On Monday December 10th at 7pm local time three SPCA* rescue dogs, Monty, Porter and Ginny, got behind the wheel of a MINI Countryman Cooper S and proved you can teach an old dog new tricks. This world first was shown live on New Zealand's leading current affairs programme, Campbell Live, and was intended to raise awareness for the SPCA to help change some common misconceptions about rescue or shelter dogs.
MINI NZ has long been a supporter of the SPCA and earlier this year tasked their advertising agency, DraftFCB, with developing a campaign that would really make a difference. The Driving Dogs concept was a perfect integration.
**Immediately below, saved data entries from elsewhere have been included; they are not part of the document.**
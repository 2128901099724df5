//! The order of menus and cells.
use crate::menus::cases::{Asked, assert_told};
use std::test::Fail;

/// A menu takes its place, and so does a cell in its menu, when a record first says that somebody chose there.
const IN_ORDER: &[(&str, &str)] = &[
    (
        "menu,choice,n\nab,a,1\nab,b,2\n",
        "2 letters, menus 3, cells 0:0:1 0:1:2",
    ),
    (
        "menu,choice,n\nabc,a,1\nabc,b,1\nab,b,2\n",
        "3 letters, menus 7 3, cells 0:0:1 0:1:1 1:1:2",
    ),
    // cells of one menu stand together, and records of one cell are counted together
    (
        "menu,choice,n\nbd,d,1\nac,c,2\nbd,b,3\nbd,d,4\nac,c,1\n",
        "4 letters, menus 10 5, cells 0:3:5 0:1:3 1:2:3",
    ),
    // a record that was chosen no time counts for the letters and makes neither a menu nor a cell
    (
        "choice,n,obs,menu\nf,0,x,abcdef\nb,1,y,ab\na,0,z,ab\na,2,,ab\n",
        "6 letters, menus 3, cells 0:1:1 0:0:2",
    ),
    // counts with blanks, leading zeros and a point; lines that end in CR and LF
    (
        "menu,choice, n \r\na,a, 007 \r\n\"a\",a,1.0\r\n",
        "1 letters, menus 1, cells 0:0:8",
    ),
];

#[test]
fn menus_and_cells_in_order(rt: HostRuntime) -> Result<(), Fail> {
    assert_told(&rt, rt.alloc(), Asked::Read, IN_ORDER)
}
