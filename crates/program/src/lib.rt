// What the bank program prints of its input: 4 mark bytes, then a bank.
#![tactic(auto)]

ghost use Rattle.std.specs.Prelude.{◌≡◌, ◌≤◌, length};
ghost use Rattle.marks.specs.Marks.{marks_cause};
ghost use Rattle.reading.specs.Reading.{reading_answer};
ghost use Rattle.bank.specs.Calls.{blocks};
ghost use Rattle.lines.specs.Lines.{block_line};
ghost use Rattle.text.specs.Put.{Added};
ghost use Rattle.program.specs.Program.{SayDone};
ghost use Rattle.program.specs.Parts.{InputPut, BankPut, BlocksPut};

use answer::{Refusal, Totals};
use marks::Marks;
use reading::{Fault, Kind, Reading};
use text::Text;

// Puts the text at the front of the output and gives its length. 16,384 bytes have room for every text: a smaller output is left as it is,
// and 0 is given, as `SayDone` has it: the length of what was put, which an Option would only wrap.
pub fn say(input: &[u8], out: &mut [u8]) -> usize
    ensures { SayDone input.now out.old result input.now out.new }
{
    if out.len() < 16384 {
        return 0;
    }
    let mut text = Text { out, at: 0 };
    input_text(&mut text, input);
    text.at
}

// The text of an input.
fn input_text(text: &mut Text, input: &[u8])
    ensures { InputPut input.now text.old text.new }
{
    let Some((start, bank)) = input.split_first_chunk::<4>() else {
        lines::refused_line(text, Refusal::MarkRange.number());
        return;
    };
    let m = marks::from_slice(start);
    match bank::report(bank, m) {
        Ok(totals) => bank_text(text, bank, m, totals),
        Err(refusal) => lines::refused_line(text, refusal.number()),
    }
}

// The text of a bank that a report has counted. What is asked of bank and marks is asked here and in `block_lines` alone, and both come from
// `input_text`: a struct with ghost fields for two private functions would be no plainer.
fn bank_text(text: &mut Text, bank: &[u8], m: Marks, t: Totals)
    requires { (length bank.now ≤ 46080) × (marks_cause m ≡ 0) }
    ensures { BankPut bank.now m t text.old text.new }
{
    // At most 1,024, so that `as` loses nothing; try_from would give an Err that can't be.
    lines::count_line(text, (bank.len() / 45) as u16);
    block_lines(text, bank, m);
    lines::totals_line(text, t);
    lines::sound_line(text, t);
}

// A line for each block that is not clean.
fn block_lines(text: &mut Text, bank: &[u8], m: Marks)
    requires { (length bank.now ≤ 46080) × (marks_cause m ≡ 0) }
    ensures { BlocksPut bank.now m (blocks bank.now) text.old text.new }
{
    let (whole, _) = bank.as_chunks::<45>();
    for (k, b) in whole.iter().enumerate() {
        let r = block::look(b, m);
        // Below 1,024, so that `as` loses nothing. Tried `(0u16..).zip(whole)`, which needs no `as`: such a loop has no index for its proof, and
        // the library's laws of a zip are of two slices.
        block_line(text, k as u16, r);
    }
}

// A clean block has no line.
fn block_line(text: &mut Text, k: u16, r: Reading)
    ensures { Added (block_line k (reading_answer r)) text.old text.new }
{
    match r {
        Ok(Kind::Clean) => {}
        Ok(Kind::Chips(n)) => lines::chips_line(text, k, n),
        Ok(Kind::OneCard(j, n)) => lines::card_line(text, k, j, n),
        Err(Fault::Several(j)) => lines::several_line(text, k, j),
        Err(Fault::Refused(_)) => lines::none_line(text, k),
    }
}
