//! Running something with the wrap of a kind.
ghost use Rattle.std.specs.Prelude.{⊤};
ghost use Rattle.wrap.specs.Meaning.{WrapMeaning};
ghost use Rattle.kinds.specs.Kinds.{kind_meaning};

use crate::kind::Kind;
use kw::KeyWrap;
use siv::Siv;
use wrap::Wrap;

/// Something to do with a wrap, whichever kind it is of.
pub trait WrapJob {
    type Output;

    // Of what the wrap means, the job before, the output and the job after.
    ghost gives: { WrapMeaning → Self → Self.Output → Self → Type 0 } = { λ _ _ _ _. ⊤ };

    /// Does the job with this wrap.
    fn run<W: Wrap>(&mut self, wrap: &W) -> Self::Output
        ensures { gives W.meaning self.old result self.new };
}

impl Kind {
    /// Does the job with the wrap of this kind.
    pub fn run<J: WrapJob>(self, job: &mut J) -> J::Output
        ensures { J.gives (kind_meaning self) job.old result job.new }
    {
        match self {
            Kind::Rfc3394 => job.run(&KeyWrap),
            Kind::Rfc5297 => job.run(&Siv),
        }
    }
}
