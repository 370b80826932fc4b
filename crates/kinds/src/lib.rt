//! The kinds of key wraps: their numbers, and the wrap of each.
#![tactic(auto)]

mod job;
mod kind;

pub use job::WrapJob;
pub use kind::{Kind, UnknownKind};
"The campaign has been a monumental success with people talking about SPCA rescue dogs in news and social media all over the world. We hope that Porter, Monty and Ginny learning to drive a MINI Countryman will encourage people to make the SPCA their first choice when adopting a dog", said Simonne Mearns, Brand Manager of MINI NZ.
The 'Driving Dogs' collaboration between SPCA Auckland, acclaimed animal trainer Mark Vette from Animals on Q, MINI New Zealand and DraftFCB, began just two months ago when the three dogs were selected from SPCA Auckland.
After eight weeks of training at the Animal on Q headquarters the clever canines single pawedly accelerated down a straight road, maneuvered around a corner, straightened up and finished with a confident paw brake.
"The bigger MINI Countryman was the perfect model for our drivers, four doors for four paws. After modifying it slightly Monty, Porter and Ginny were able to reach the pedals, move the gear stick and grip the steering wheel. MINI is renowned for personalising vehicles, however, customising the MINI Countryman for a furry,
four-legged driver was an all time first", said Ms Mearns.
"We are delighted with the outcome of the Driving Dogs project. MINI as a brand is full of energy, extroverted and cheeky; this campaign reinforces this and demonstrates how gifted, talented and intelligent SPCA animals really are. We hope it will encourage people to consider SPCA dogs for pets, raise awareness and drive adoptions", said Mearns.